Administration, liquidation and bankruptcy

If you have a contract or subcontract with a company that has entered administration or liquidation or an individual who becomes bankrupt you need to know and understand your rights, as well as steps that may be available to limit potential loss.

We’ve developed this overview, with a focus on claiming amounts owed to you once your client is in administration, liquidation or is bankrupt.

In these kinds of situations, time is of the essence.

If you’re a Master Builders’ member and find yourself in this situation, make sure you contact us immediately. We can give you general information and our legal arm, Members Legal, can provide advice tailored to your situation.


Steps to take

  • Step 1 Determine what amounts you are currently owed and what work you have carried out, but not yet invoiced for.
  • Step 2 Refer to your contract or subcontract to determine whether it gives you the ability to terminate upon a party entering administration or liquidation. You should also consider what obligations you have to protect any works done to date and your rights to collect equipment and materials you may have on site.
  • Be careful about terminating the contract without receiving legal advice as it can affect your rights to issue certain types of claims and other matters under the contract.
  • Step 3 If you are owed money under your contract or subcontract there are a number of different steps you can take to help secure payment. Consider these options and which options might be best for your situation.

Subcontractors' charge

A subcontractors’ charge is a statutory right under chapter 4 of the Building Industry Fairness (Security of Payment) Act 2017 (Qld) that allows a contractor to make a claim for payment up the chain. It can be used by any party in the contractual chain so long as the charge goes ‘up’ the chain, for example to a head contractor or Principal.

A subcontractors’ charge can be useful in circumstances where your direct contractor doesn’t have the ability to pay you, but where their client, usually the head contractor or Principal, owes money to that company.

However, a charge will only be useful if the Principal, or other party ‘up’ the chain, owes money.
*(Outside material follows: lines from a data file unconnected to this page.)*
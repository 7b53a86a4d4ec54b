//! Writing forms to the buffers of callers.
ghost use Rattle.std.specs.Prelude.{◌≡◌, ℕ, List};
ghost use Rattle.std.specs.Iterator.{IsFinite};
ghost use Rattle.icu_normalizer.specs.Encodings.{Encoding};
ghost use Rattle.icu_normalizer.specs.EncodedForm.{encoded_form};
ghost use Rattle.icu_normalizer.specs.Forms.{form_of, HasShortUnits};
ghost use Rattle.icu_normalizer.specs.Items.{SpellsOk, SpellsUnless};
ghost use Rattle.icu_normalizer.specs.Utf32.{decoded_utf32};
ghost use Rattle.icu_normalizer_c.specs.Buffers.{LeavesBeginning, Overwrites, ReportsCount};
ghost use Rattle.icu_normalizer_c.specs.Calls.{AtForm, HasShortUtf32, NeedsNoMemory, NeedsNoMemoryUtf32, Over};
ghost use Rattle.icu_normalizer_c.specs.Calls.{WritesForm, WritesFormUtf32};
ghost use Rattle.normalizer_handles.specs.Handles.{held_normalizers};
ghost use Rattle.normalizer_handles.specs.Status.{IsStatus};
ghost use Rattle.icu_normalizer.specs.AnyNormalizers.{made_by_borrowed};

use crate::sink::Buffer;
use crate::text::{Text, write};
use icu_normalizer::{AnyNormalizerBorrowed, NormalizeError, Utf32Chars};
use normalizer_handles::{Fault, Handle, Normalizers};
use std::alloc::Global;

/// The form of an input, by the number of the form.
#[derive(Drop)]
struct Form<U> {
    form: u32,
    input: U,
}

impl<'a> Text for Form<&'a [u8]> {
    type Unit = u8;

    ghost left = { LeavesBeginning };

    ghost at = { λ t Unchanged Is n.
        AtForm n t.form Unchanged (λ m.
        Is (NeedsNoMemory Encoding.Utf8 t.input.now m) (encoded_form Encoding.Utf8 m.reading m.form t.input.now)) };

    fn write(
        &self,
        _alloc: Global,
        normalizers: &Normalizers,
        output: &mut [u8],
        needed: &mut usize,
    ) -> Result<(), Fault> {
        let normalizer = normalizers.numbered(self.form)?;
        write_utf8(&normalizer, self.input, output, needed)
    }
}

impl<'a> Text for Form<&'a [u16]> {
    type Unit = u16;

    ghost left = { LeavesBeginning };

    ghost at = { λ t Unchanged Is n.
        AtForm n t.form Unchanged (λ m.
        Is (NeedsNoMemory Encoding.Utf16 t.input.now m) (encoded_form Encoding.Utf16 m.reading m.form t.input.now)) };

    fn write(
        &self,
        _alloc: Global,
        normalizers: &Normalizers,
        output: &mut [u16],
        needed: &mut usize,
    ) -> Result<(), Fault> {
        let normalizer = normalizers.numbered(self.form)?;
        write_utf16(&normalizer, self.input, output, needed)
    }
}

impl<'a> Text for Form<&'a [u32]> {
    type Unit = u32;

    ghost left = { LeavesBeginning };

    ghost at = { λ t Unchanged Is n.
        AtForm n t.form Unchanged (λ m.
        Is (NeedsNoMemoryUtf32 t.input.now m) (form_of m (decoded_utf32 t.input.now))) };

    fn write(
        &self,
        _alloc: Global,
        normalizers: &Normalizers,
        output: &mut [u32],
        needed: &mut usize,
    ) -> Result<(), Fault> {
        let normalizer = normalizers.numbered(self.form)?;
        write_utf32(&normalizer, self.input, output, needed)
    }
}

fn write_utf8(
    normalizer: &AnyNormalizerBorrowed<'_>,
    input: &[u8],
    output: &mut [u8],
    needed: &mut usize,
) -> Result<(), Fault>
    ensures { WritesForm Encoding.Utf8 input.now output.old output.new needed.old needed.new
        (made_by_borrowed normalizer.now) result }
{
    let room = output.len();
    let count = overwrite_utf8(normalizer, input, output)?;
    report_count(count, room, needed)
}

fn write_utf16(
    normalizer: &AnyNormalizerBorrowed<'_>,
    input: &[u16],
    output: &mut [u16],
    needed: &mut usize,
) -> Result<(), Fault>
    ensures { WritesForm Encoding.Utf16 input.now output.old output.new needed.old needed.new
        (made_by_borrowed normalizer.now) result }
{
    let room = output.len();
    let count = overwrite_utf16(normalizer, input, output)?;
    report_count(count, room, needed)
}

fn write_utf32(
    normalizer: &AnyNormalizerBorrowed<'_>,
    input: &[u32],
    output: &mut [u32],
    needed: &mut usize,
) -> Result<(), Fault>
    ensures { WritesFormUtf32 input.now output.old output.new needed.old needed.new
        (made_by_borrowed normalizer.now) result }
{
    let room = output.len();
    let count = overwrite_utf32(normalizer, input, output)?;
    report_count(count, room, needed)
}

/// Reports how many units a form has that was written to a buffer with room for so many. With `usize::MAX` units, or
/// more, it doesn't fit into memory.
fn report_count(count: usize, room: usize, needed: &mut usize) -> Result<(), Fault>
    ensures { ReportsCount count room needed.old needed.new result }
{
    if count == usize::MAX {
        return Err(Fault::Memory);
    }
    *needed = count;
    if count > room {
        return Err(Fault::BufferTooSmall);
    }
    Ok(())
}

/// Overwrites the beginning of a buffer with the form, as far as there is room, and returns how many units that has, or
/// `usize::MAX` if it has more.
fn overwrite_utf8(
    normalizer: &AnyNormalizerBorrowed<'_>,
    input: &[u8],
    output: &mut [u8],
) -> Result<usize, NormalizeError>
    ensures { let m = made_by_borrowed normalizer.now in let e = Encoding.Utf8 in
        Overwrites (encoded_form e m.reading m.form input.now) (HasShortUnits m e input.now)
        output.old output.new result }
{
    let mut buffer = Buffer::new(output);
    let outcome = normalizer.normalize_utf8_to(input, &mut buffer);
    let count = buffer.count();
    outcome?;
    Ok(count)
}

/// Overwrites the beginning of a buffer with the form, as far as there is room, and returns how many units that has, or
/// `usize::MAX` if it has more.
fn overwrite_utf16(
    normalizer: &AnyNormalizerBorrowed<'_>,
    input: &[u16],
    output: &mut [u16],
) -> Result<usize, NormalizeError>
    ensures { let m = made_by_borrowed normalizer.now in let e = Encoding.Utf16 in
        Overwrites (encoded_form e m.reading m.form input.now) (HasShortUnits m e input.now)
        output.old output.new result }
{
    let mut buffer = Buffer::new(output);
    let outcome = normalizer.normalize_utf16_to(input, &mut buffer);
    let count = buffer.count();
    outcome?;
    Ok(count)
}

/// Overwrites the beginning of a buffer with the form, as far as there is room, and returns how many units that has, or
/// `usize::MAX` if it has more.
fn overwrite_utf32(
    normalizer: &AnyNormalizerBorrowed<'_>,
    input: &[u32],
    output: &mut [u32],
) -> Result<usize, NormalizeError>
    ensures { let m = made_by_borrowed normalizer.now in
        Overwrites (form_of m (decoded_utf32 input.now)) (HasShortUtf32 input.now m) output.old output.new result }
{
    let characters = Utf32Chars::new(input);
    match normalizer {
        AnyNormalizerBorrowed::Decomposing(n) => overwrite_items(
            n.normalize_iter(characters)?,
            output,
        ),
        AnyNormalizerBorrowed::Composing(n) => overwrite_items(
            n.normalize_iter(characters)?,
            output,
        ),
    }
}

/// Overwrites the beginning of a buffer with the characters that an iterator yields, as far as there is room, and returns
/// how many there are, or `usize::MAX` if there are more.
fn overwrite_items<I>(items: I, output: &mut [u32]) -> Result<usize, NormalizeError>
where
    I: Iterator<Item = Result<char, NormalizeError>> + Drop,
    requires can { I.can_next items }
    requires ends { IsFinite (I.remaining items) }
    ensures { (x : List ℕ) → SpellsUnless I.next_gives NormalizeError.Memory items x →
        Overwrites x (SpellsOk I.next_gives items x) output.old output.new result }
{
    let mut buffer = Buffer::new(output);
    for item in items {
        buffer.take_in_utf32(item?);
    }
    Ok(buffer.count())
}

/// Writes the form of what `input` decodes to, in UTF-8. `needed` is then how many units the form has.
///
/// # Errors
/// `NotOpen`, `UnknownForm`, `Memory`, which never comes over short runs, or `BufferTooSmall`, after which
/// `needed` is how many units the form has. After the last two the beginning of `output` has a beginning of the form.
#[unsafe(no_mangle)]
pub extern "C" fn icu_normalizer_normalize_utf8_nonnull(
    alloc: Global,
    handle: &mut Handle,
    form: u32,
    input: &[u8],
    output: &mut [u8],
    needed: &mut usize,
) -> u32
    ensures status { IsStatus result (Over (held_normalizers handle.old) form
        ((output.new ≡ output.old) × (needed.new ≡ needed.old))
        (WritesForm Encoding.Utf8 input.now output.old output.new needed.old needed.new)) }
    ensures kept { held_normalizers handle.new ≡ held_normalizers handle.old }
{
    write(alloc, handle, &Form { form, input }, output, needed)
}

/// Writes the form of what `input` decodes to, in UTF-16. `needed` is then how many units the form has.
///
/// # Errors
/// `NotOpen`, `UnknownForm`, `Memory`, which never comes over short runs, or `BufferTooSmall`, after which
/// `needed` is how many units the form has. After the last two the beginning of `output` has a beginning of the form.
#[unsafe(no_mangle)]
pub extern "C" fn icu_normalizer_normalize_utf16_nonnull(
    alloc: Global,
    handle: &mut Handle,
    form: u32,
    input: &[u16],
    output: &mut [u16],
    needed: &mut usize,
) -> u32
    ensures status { IsStatus result (Over (held_normalizers handle.old) form
        ((output.new ≡ output.old) × (needed.new ≡ needed.old))
        (WritesForm Encoding.Utf16 input.now output.old output.new needed.old needed.new)) }
    ensures kept { held_normalizers handle.new ≡ held_normalizers handle.old }
{
    write(alloc, handle, &Form { form, input }, output, needed)
}

/// Writes the form of what `input` decodes to, in UTF-32. A unit that isn't a Unicode scalar value reads as U+FFFD.
/// `needed` is then how many units the form has.
///
/// # Errors
/// `NotOpen`, `UnknownForm`, `Memory`, which never comes over short runs, or `BufferTooSmall`, after which
/// `needed` is how many units the form has. After the last two the beginning of `output` has a beginning of the form.
#[unsafe(no_mangle)]
pub extern "C" fn icu_normalizer_normalize_utf32_nonnull(
    alloc: Global,
    handle: &mut Handle,
    form: u32,
    input: &[u32],
    output: &mut [u32],
    needed: &mut usize,
) -> u32
    ensures status { IsStatus result (Over (held_normalizers handle.old) form
        ((output.new ≡ output.old) × (needed.new ≡ needed.old))
        (WritesFormUtf32 input.now output.old output.new needed.old needed.new)) }
    ensures kept { held_normalizers handle.new ≡ held_normalizers handle.old }
{
    write(alloc, handle, &Form { form, input }, output, needed)
}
If all amounts have already been paid, and no security is still being held, then there will be no money for the charge to attach to.

If there are multiple charges issued and not enough money to satisfy them all in full, then all valid charges will receive payment on a pro-rata basis, it’s not a case of first charge in line.

We can give you advice on whether you are eligible to issue a charge and the process involved, however, given the complexities involved in issuing a charge, and the consequences of an invalid charge, we recommend you seek independent legal advice to assist you to prepare the charge.


Proof of debt

If a company enters administration or liquidation or if a person declares bankruptcy the first step in attempting to get payment is to lodge a proof of debt.

Payment will only be made if a proof of debt is completed and lodged correctly and if there are funds that are available to pay unsecured creditors, which is not often the case as unsecured creditors are often last in line.

After lodging a proof of debt, the next steps will depend on whether the company is in administration or liquidation or if the person is an individual who has entered bankruptcy.

A copy of the correct form will usually be issued by the administrator/liquidator/trustee in bankruptcy and should be completed with sufficient detail to support your claim and attach evidence to support the claim such as copies of invoices.

Be very careful about issuing a proof of debt if you wish to pursue a subcontractors’ charge. If you issue a subcontractors’ charge and then also issue a proof of debt you will risk your secured creditor status under the charge.

We can advise whether proof of debt is the best option for you.


Building Industry Fairness Act (BIFA)

Generally, taking steps under the Building Industry Fairness (Security of Payment) Act 2017 (Qld) will only be commercially worthwhile if the company you are claiming against has the ability to pay an adjudicated amount.

If a company is in administration or liquidation or a person is bankrupt it is likely that they do not have the ability to pay. In these circumstances, BIFA is not a recommended action.


Payments made to date

If a company you contract with enters liquidation, be mindful that a liquidator may make a claim against you that you received an unfair preference payment.

An unfair preference payment is any type of payment made by the company where:

  • the payment was made within 6 months of the ‘relation back day’ (which is the day that liquidation commenced);
  • the company was insolvent at the time of the payment; and
  • you received a better return than you would have.

We can assist you in responding to a clawback claim from a liquidator but time will be important.